RegEx Cleanup Examples

Top  Previous  Next

The User Interface > Preview/Edit Window > Text/Edit Tab > Editor Toolbar... > Text Cleanup > RegEx Cleanup Examples

Removing all but first line

Q: I need is an edit option that automatically deletes all text from selected entries EXCEPT the first line. So if an entry has 4 lines, keep just the first one.

A: Use the RegEx option, with "line byline" turned OFF, replacing this:

\x0D\x0A.*

with nothing.

 

This means, "all text following the first line-break".
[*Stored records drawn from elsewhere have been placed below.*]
//! The bytes of a picture or of sound.

ghost use Rattle.std.specs.Prelude.{◌≡◌, ◌==◌, IfOk, length, nat_eq};
ghost use Rattle.std.specs.Cmp.{partial_equiv_from_equiv};
ghost use Rattle.std.specs.Cmp.Lexicographic.{nat_list_eq_equiv, pointwise};

use bytes::Bytes;
use gs_bytes::OutOfMemory;
use std::alloc::{AllocError, Global};
use std::marker::Model;

/// A unit, which a contract sees as the list of its bytes. A clone shares them and copies none.
#[derive(Debug, Drop)]
pub struct Unit {
    bytes: Bytes,
}

impl Model for Unit {
    ghost use Rattle.std.specs.Prelude.{List, ℕ};

    ghost Value = { List ℕ };

    ghost view = { λ unit. unit.bytes };
}

impl Unit {
    /// A unit of these bytes, which it shares.
    pub fn from_bytes(bytes: Bytes) -> Unit
        ensures { result ≡ bytes }
    {
        Unit { bytes }
    }

    /// A unit of a copy of the bytes.
    pub fn copy_of(alloc: Global, bytes: &[u8]) -> Result<Unit, OutOfMemory>
        ensures { IfOk result (λ unit. unit ≡ bytes.now) }
    {
        Ok(Unit {
            bytes: Bytes::copy_from_slice(alloc, bytes)?,
        })
    }

    /// The bytes.
    pub fn as_bytes(&self) -> &[u8]
        ensures { result.now ≡ self.now }
    {
        self.bytes.as_slice()
    }

    /// The number of bytes.
    pub fn len(&self) -> usize
        ensures { result ≡ length self.now }
    {
        self.bytes.len()
    }

    /// Whether there is no byte.
    pub fn is_empty(&self) -> bool
        ensures { result ≡ (length self.now == 0) }
    {
        self.bytes.is_empty()
    }
}

impl Clone for Unit {
    ghost is_clone = { λ unit copy. copy ≡ unit };

    fn clone(&self) -> Result<Unit, AllocError> {
        Ok(Unit {
            bytes: self.bytes.clone()?,
        })
    }
}

impl PartialEq for Unit {
    ghost eq = { pointwise nat_eq };

    ghost laws = { partial_equiv_from_equiv nat_list_eq_equiv };

    fn eq(&self, other: &Unit) -> bool {
        self.as_bytes() == other.as_bytes()
    }
}

impl Eq for Unit {
    ghost laws = { nat_list_eq_equiv };
}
Removing double line-breaks.

Q: The linebreak removal is great, but I also want to remove double breaks, which normally signal a WANTED break between two paragraphs (one to end the last sentence, and one to break the paragraphs).

A: Use the regular line-break option in the text clean-up, and add a RegEx stripper to remove any double-breaks, and replace with a single break.

Use the RegEx option, with "line byline" turned OFF, replacing this:

\x0D\x0A\x0D\x0A

with

\x0D\x0A


Removing triple (and more) line-breaks.

Q: How about removing "more than two in a row"?

A: Use the following:

Find: (\x0D\x0A){3,}   [x] RegEx? 

Repl: \x0D\x0A\x0D\x0A [x] RegEx? 

                       [ ] Line By Line? 

Explanation:

\x0D is a carriage return, \x0A is a linefeed, expressed in hexidecimal notation, understandable by the RegEx parser.

By placing in round braces (), that groups them together so that the iterator {} can treat as a whole. 3 means "at least 3 of these", where "these" are the preceding pattern, which is treated as a whole due to the round braces. The comma after the 3 separates min/max. Here min is 3, and max is unlimited. I could have written {3,999} instead, for example. The max is optional, but the comma isn't - otherwise it would do "only 3".

We're replacing with 2 carriage-return/linefeeds.

We're turning off the line-by-line option, so that the linebreaks are visible to the RegEx (otherwise it would not see them).